Итак, мучения дедушкины никак не могли закончиться, и, признаюсь, мне не хватало лишь отеческого слова, чтоб окончательно поверить в неизбежность дедова конца.
Я размяк в пахнущем медом воздухе пасеки, задремал и не почувствовал, как спустились сумерки. Разбудил меня скрип травы у отца под ногами. Если б не звук, можно было бы подумать, что дедова душа пришла проститься с пчелами – так легко и незримо подошел отец.
– Вставай, Криступас, пошли домой, – сказал он приглушенным голосом.
Я вздрогнул:
– Уже?..
– Нет, – покачал головой отец. – Твой дед жив. Боль прошла, но, кажется, ненадолго.

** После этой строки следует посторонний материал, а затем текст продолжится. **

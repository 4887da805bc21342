// The declarations of a program.
ghost use Rattle.std.specs.Prelude.{◌≡◌, [], OnOk};
ghost use Rattle.enc_premises.specs.Premises.{each_after};
ghost use Rattle.enc_premises.specs.Passing.{Passes};
ghost use Rattle.enc_types.specs.Names as meaning;
ghost use Rattle.enc_decls.specs.Found.{Right};
ghost use Rattle.enc_decls.specs.Rules.{table_premises, decl_premises};
ghost use Rattle.enc_decls.specs.Nodes as spec;

use crate::classes::judge_class;
use crate::main_class::has_main;
use crate::members::{Owner, members};
use crate::routines::{is_function, routine_types};
use crate::traits::Traits;
use enc_ast::{ActiveDecl, Decl, Fail, Method, ModeWord, Program, Rule, TraitDecl, Word};
use enc_modes::Mode;
use enc_premises::demand;
use enc_types::{Names, Places};
use std::alloc::Global;

/// Refuses a program by the first rule that its declarations break, in the order of the text: each
/// declaration behind its parts, and at the end the program as a whole. It answers `Memory` where
/// memory runs out.
#[tactic(auto, using(crate::proofs::Passing::passing), unfolding(crate::specs::Rules::table_premises))]
pub fn judge(alloc: Global, program: &Program, names: &Names) -> Result<(), Fail>
    requires { names.now ≡ meaning.names_of program.now.decls }
    ensures { Passes result (table_premises program.now) }
{
    let decls = program.decls.as_slice();
    let mut traits = Traits::new(alloc);
    each_decl(alloc, decls, names, &mut traits)?;
    let has_main = has_main(alloc, decls, names)?;
    demand(Rule::KMain, program.span, has_main)
}

#[tactic(auto, using(crate::proofs::Loops::afters))]
fn each_decl(alloc: Global, decls: &[Decl], names: &Names, traits: &mut Traits) -> Result<(), Fail>
    requires names { names.now ≡ meaning.names_of decls.now }
    requires right { Right decls.now names.now traits.old }
    ensures { Passes result (each_after (decl_premises decls.now names.now) [] decls.now) }
{
    let mut seen = Places::new(alloc);
    for decl in decls {
        let word = word_of(decl);
        let new = !seen.has(word.as_str());
        judge_decl(alloc, decls, names, traits, new, decl)?;
        seen.add(word)?;
    }
    Ok(())
}

fn word_of(decl: &Decl) -> &Word
    ensures { result.now ≡ meaning.word_of decl.now }
{
    match decl {
        Decl::Trait(decl) => &decl.name.word,
        Decl::Class(decl) => &decl.name.word,
        Decl::Active(decl) => &decl.name.word,
        Decl::Fun(decl) => &decl.name.word,
    }
}

fn judge_decl(
    alloc: Global,
    decls: &[Decl],
    names: &Names,
    traits: &mut Traits,
    new: bool,
    decl: &Decl,
) -> Result<(), Fail>
    requires right { Right decls.now names.now traits.old }
    requires itself { spec.StandsForItself decls.now names.now new decl.now }
    ensures passes { Passes result (spec.decl_node decls.now names.now new decl.now) }
    ensures right { OnOk result (Right decls.now names.now traits.new) }
{
    match decl {
        Decl::Trait(decl) => judge_trait(alloc, names, new, decl),
        Decl::Class(decl) => judge_class(alloc, decls, names, traits, new, decl),
        Decl::Active(decl) => judge_active(alloc, names, new, decl),
        Decl::Fun(decl) => judge_function(alloc, names, new, decl),
    }
}

#[tactic(auto, using(crate::proofs::Passing::passing))]
fn judge_trait(alloc: Global, names: &Names, new: bool, decl: &TraitDecl) -> Result<(), Fail>
    ensures { Passes result (spec.trait_node names.now new decl.now) }
{
    let owner = Owner::Trait(mode_by(decl.mode));
    members(
        alloc,
        names,
        owner,
        decl.fields.as_slice(),
        decl.methods.as_slice(),
    )?;
    demand(Rule::KName, decl.span, new)
}

fn mode_by(word: ModeWord) -> Mode
    ensures { result ≡ meaning.mode_by word }
{
    match word {
        ModeWord::Linear => Mode::Linear,
        ModeWord::Local => Mode::Local,
        ModeWord::Read => Mode::Read,
        ModeWord::Subordinate => Mode::Subordinate,
    }
}

#[tactic(auto, using(crate::proofs::Passing::passing))]
fn judge_active(alloc: Global, names: &Names, new: bool, decl: &ActiveDecl) -> Result<(), Fail>
    ensures { Passes result (spec.active_node names.now new decl.now) }
{
    members(
        alloc,
        names,
        Owner::Active,
        decl.fields.as_slice(),
        decl.methods.as_slice(),
    )?;
    demand(Rule::KName, decl.span, new)
}

#[tactic(auto, using(crate::proofs::Passing::passing))]
fn judge_function(alloc: Global, names: &Names, new: bool, decl: &Method) -> Result<(), Fail>
    ensures { Passes result (spec.function_node names.now new decl.now) }
{
    routine_types(names, decl)?;
    demand(Rule::KName, decl.span, new)?;
    let is_function = is_function(alloc, names, decl)?;
    demand(Rule::KSig, decl.span, is_function)
}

Я поднялся, и мы пошли к дому рядом, плечо к плечу. Я вновь почувствовал головокружительную зависимость: мы – Мейжисы, мы – род единый, и в каждом из нас живем все мы. Так, внутри меня живут и отец, и дедушка Венцловас, а я живу в них. И если даже я когда-нибудь останусь один, я все равно буду Мейжисом, и род наш не прейдет вовеки – неважно, умрет ли кто из нас или нет, – как не прервался он до меня. Думая об этом, я захотел обсудить свои мысли с отцом, но не мог: мы – Мейжисы. Мы шли по траве сада, примерно одного роста, потому что отец ненамного выше дедушки, а я, скорее всего, заметно их обгоню, чувствуя спиной взгляды тысяч Мейжисов, обитающих в далеком прошлом. Они пришли встретить дедушку, так когда-нибудь будут ждать и нас, а наши внуки и правнуки будут чувствовать спинами их незримые глаза. Думаю, все мы встретимся в день последнего суда, и как это будет прекрасно! Ужасы конца света и Страшного суда – пустяк, если все Мейжисы смогут увидеть друг друга. Думаю, мы будем смеяться, как дети, и дедушка тоже, и никого это не удивит. Но пока мы идем домой проститься со старейшим, и я, непонятно почему, тихо заплакал, отец же не бранил меня и не утешал.